Handling unsuccessful documents upsert / delete via CosmosDB v3 Bulk API


I've migrated my application using Azure CosmosDB SDK to v3 (version 3.43.1) and I'm using the bulk functionality to upload somewhere between 200 and 1000 items.

Using the BulkExecutor and its configuration I was getting 100% success rate when uploading-- all documents were saved.

In V3 I'm getting 429 response, and only some documents are saved. I'm not sure how I should handle those that were not saved.

ClientOptions setup:

var options = new CosmosDbOptions
{
  AllowBulkExecution = true,
  MaxRetryWaitTimeOnRateLimitedRequests = TimeSpan.FromSeconds(60),
  MaxRetryAttemptsOnRateLimitedRequests = 19,
}

I'm using the BulkOperations wrapper as described in the docs.

My main method for bulk uploading looks like this:

public async Task<BulkOperationResponse<TDocument>> ImportAsync(IEnumerable<TDocument> documents)
{
     var bulkOperations = new BulkOperations<TDocument>(documents.Count());

    foreach (var document in documents)
    {
        bulkOperations.Tasks.Add(CaptureOperationResponse(_container.Value.CreateItemAsync(document, new PartitionKey(document.PartitionKey)), document));
    }

    var response = await bulkOperations.ExecuteAsync();
    return response;
}

After inspecting the BulkOperationResponse<T> I often see that only a chunk of documents, were saved.

enter image description here

I have the same issue when trying to bulk delete documents via a method:

public async Task<BulkOperationResponse<TDocument>> DeleteAsync(IEnumerable<TDocument> documents)
{
    var bulkOperations = new BulkOperations<TDocument>(documents.Count());

    foreach (var document in documents)
    {
        bulkOperations.Tasks.Add(CaptureOperationResponse(_container.Value.DeleteItemAsync<TDocument>(document.Id, new PartitionKey(document.PartitionKey)), document));
    }

    var response = await bulkOperations.ExecuteAsync();

    return response;
}

I'm using a shared throughput for 4 containers - 400 RU/s.

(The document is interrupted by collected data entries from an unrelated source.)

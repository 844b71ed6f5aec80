// Whether rows are the fields of a matter.
ghost use Rattle.std.specs.List.{list_all, list_any};
ghost use Rattle.std.specs.Prelude.{IfOk, IsTrue, length, nat_le, ◌≡◌};
ghost use Rattle.std.specs.Str.{bytes_eq};
ghost use Rattle.bp_matter.specs.Written.{field_written};
ghost use Rattle.bp_matter.specs.ValidFields.{FieldFacts, field_fits, field_name, has_field};

use super::labels::FieldName;
use super::numbers::is_numbered;
use crate::limits::MAX_FIELDS;
use crate::rows::FieldRow;
use crate::texts::is_field_name;
use bp_core::{OutOfMemory, Text, all_differ};
use std::alloc::Global;

fn fields_fit(rows: &[FieldRow]) -> bool
    ensures { result ≡ list_all field_fits rows.now }
{
    rows.iter().all(|row| is_field_name(&row.name))
}

fn fields_few(rows: &[FieldRow]) -> bool
    ensures { result ≡ nat_le (length rows.now) MAX_FIELDS }
{
    rows.len() <= MAX_FIELDS
}

pub(crate) fn fields_valid(alloc: Global, fields: &[FieldRow]) -> Result<bool, OutOfMemory>
    requires written { IsTrue (list_all field_written fields.now) }
    ensures fact { IfOk result (λ good. IsTrue good → FieldFacts fields.now) }
    ensures back { IfOk result (λ good. FieldFacts fields.now → IsTrue good) }
{
    if !is_numbered(fields, 1) {
        return Ok(false);
    }
    if !fields_few(fields) {
        return Ok(false);
    }
    if !all_differ::<FieldName, _>(alloc, fields)? {
        return Ok(false);
    }
    Ok(fields_fit(fields))
}

pub(crate) fn has_field(fields: &[FieldRow], name: &Text) -> bool
    ensures { result ≡ has_field fields.now name.now }
{
    fields.iter().any(|row| row.name == *name)
}
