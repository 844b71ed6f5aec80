// How far the numbers under each prefix go.
ghost use Rattle.std.specs.List.{list_all};
ghost use Rattle.std.specs.Option.{option_copied};
ghost use Rattle.std.specs.Prelude.{IfOk, IsTrue, None, Option, Some, unwrap_or, ℕ, ◌&&◌, ◌≡◌};
ghost use Rattle.bp_matter.specs.ValidPrefixes.{after_items, after_reached, was_reached, is_reached, is_used, spans_reach};

use super::labels::text_bytes;
use crate::rows::{Item, PrefixRow, ProductionRow};
use bp_core::OutOfMemory;
use std::alloc::Global;
use std::collections::BTreeMap;

// The number after the spans of these items, where they follow one another from this one on.
fn after_items(number: u128, items: &[Item]) -> Option<u128>
    ensures value { result ≡ after_items number items.now }
{
    let mut next = number;
    let mut rest = items;
    while let Some((first, others)) = rest.split_first() {
        let begins = first.span.first;
        let ends = first.span.last;
        if u128::from(begins) != next || u128::from(ends) < next {
            return None;
        }
        next = u128::from(ends) + 1;
        rest = others;
    }
    Some(next)
}

// The same behind what was reached under the prefix, which begins with 1.
fn after_reached(before: Option<&Option<u128>>, items: &[Item]) -> Option<u128>
    ensures { result ≡ after_reached (option_copied before.entry) items.now }
{
    match before {
        None => after_items(1, items),
        Some(None) => None,
        Some(Some(number)) => after_items(*number, items),
    }
}

// Whether this number was reached.
fn is_reached(found: Option<&Option<u128>>, number: u64) -> bool
    ensures { result ≡ is_reached (option_copied found.entry) number }
{
    match found {
        Some(Some(next)) => *next == u128::from(number),
        _ => false,
    }
}

// Whether each prefix is used, and its spans reach its next number. One look-up a row.
pub(crate) fn prefixes_reach(
    alloc: Global,
    productions: &[ProductionRow],
    prefixes: &[PrefixRow],
) -> Result<bool, OutOfMemory>
    ensures used { IfOk result (λ good.
        IsTrue good → IsTrue (list_all (is_used productions.now) prefixes.now)) }
    ensures reach { IfOk result (λ good.
        IsTrue good → IsTrue (list_all (spans_reach productions.now) prefixes.now)) }
    ensures back { IfOk result (λ good.
        IsTrue (list_all (is_used productions.now) prefixes.now) →
        IsTrue (list_all (spans_reach productions.now) prefixes.now) → IsTrue good) }
{
    let mut reached = BTreeMap::new(alloc);
    let mut left = productions;
    while let Some((row, others)) = left.split_first() {
        let text = text_bytes(&row.production.request.prefix.text);
        let next = after_reached(reached.get(&text), row.production.items.as_slice());
        let _before = reached.insert(text, next)?;
        left = others;
    }
    let mut rest = prefixes;
    while let Some((first, more)) = rest.split_first() {
        let bytes = text_bytes(&first.prefix.text);
        if !is_reached(reached.get(&bytes), first.next) {
            return Ok(false);
        }
        rest = more;
    }
    Ok(true)
}
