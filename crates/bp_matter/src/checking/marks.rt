// Whether rows are the boxes and the held fields of a matter.
ghost use Rattle.std.specs.List.{list_all};
ghost use Rattle.std.specs.Prelude.{IsTrue, ◌≡◌};
ghost use Rattle.bp_core.specs.Sorted.{ascends};
ghost use Rattle.bp_matter.specs.Written.{box_written, held_written};
ghost use Rattle.bp_matter.specs.Matter.{box_key, held_key, page_key};
ghost use Rattle.bp_matter.specs.ValidMarks.{BoxFacts, HeldFacts, box_fits, doc_box_fits, doc_held_fits};

use super::numbers::names;
use super::pages::{inside_page, page_in};
use crate::limits::MAX_BOX;
use crate::rows::{BoxRow, DocBox, DocHeld, PageRow};
use bp_core::{DocNo, ascends};

pub(crate) fn box_fits(pages: &[PageRow], doc: DocNo, row: &BoxRow) -> bool
    requires { IsTrue (ascends page_key 0 pages.now) }
    ensures { result ≡ box_fits pages.now doc.0 row.now }
{
    names(MAX_BOX, row.num) && inside_page(page_in(pages, doc, row.page), row.rect)
}

fn boxes_fit(pages: &[PageRow], rows: &[DocBox]) -> bool
    requires { IsTrue (ascends page_key 0 pages.now) }
    ensures { result ≡ list_all (doc_box_fits pages.now) rows.now }
{
    rows.iter().all(|row| box_fits(pages, row.doc, &row.row))
}

pub(crate) fn boxes_valid(pages: &[PageRow], boxes: &[DocBox]) -> bool
    requires pages { IsTrue (ascends page_key 0 pages.now) }
    requires written { IsTrue (list_all box_written boxes.now) }
    ensures order { IsTrue result → IsTrue (ascends box_key 0 boxes.now) }
    ensures fact { IsTrue result → BoxFacts pages.now boxes.now }
    ensures back { BoxFacts pages.now boxes.now → IsTrue result }
{
    if !ascends(boxes) {
        return false;
    }
    boxes_fit(pages, boxes)
}

fn held_fit(fields: usize, docs: usize, rows: &[DocHeld]) -> bool
    ensures { result ≡ list_all (doc_held_fits fields docs) rows.now }
{
    rows.iter().all(|row| names(docs, row.doc.0) && names(fields, row.row.field))
}

pub(crate) fn held_valid(fields: usize, docs: usize, held: &[DocHeld]) -> bool
    requires written { IsTrue (list_all held_written held.now) }
    ensures order { IsTrue result → IsTrue (ascends held_key 0 held.now) }
    ensures fact { IsTrue result → HeldFacts fields docs held.now }
    ensures back { HeldFacts fields docs held.now → IsTrue result }
{
    if !ascends(held) {
        return false;
    }
    held_fit(fields, docs, held)
}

How do I need to retry uploading of the failed documents? Does it need to be handled by the SDK, or should I retry in my code?


Solution

  • Thanks for your comments and answers. I analyzed how the code behaves in previous version vs. V3

    I noticed that upserting 100 documents in BulkExecutor took over 2 seconds and consumed over 2 000 RU.

    enter image description here

    In V3 it took 7 seconds, consumed almost 2 000 RU, while some of the documents failed.

    enter image description here

    So I decided to upscale before my code to a significantly larger throughput and downscale after the operation finishes. This gave me the desired results.

    enter image description here

    I did some reading up and there are more ways to handle it, such as:

    • switch from manual throughput to auto-scale
    • switch to serverless throughput

    But due to my setup, I decided to stick with manually increasing the throughput for the time of my operation.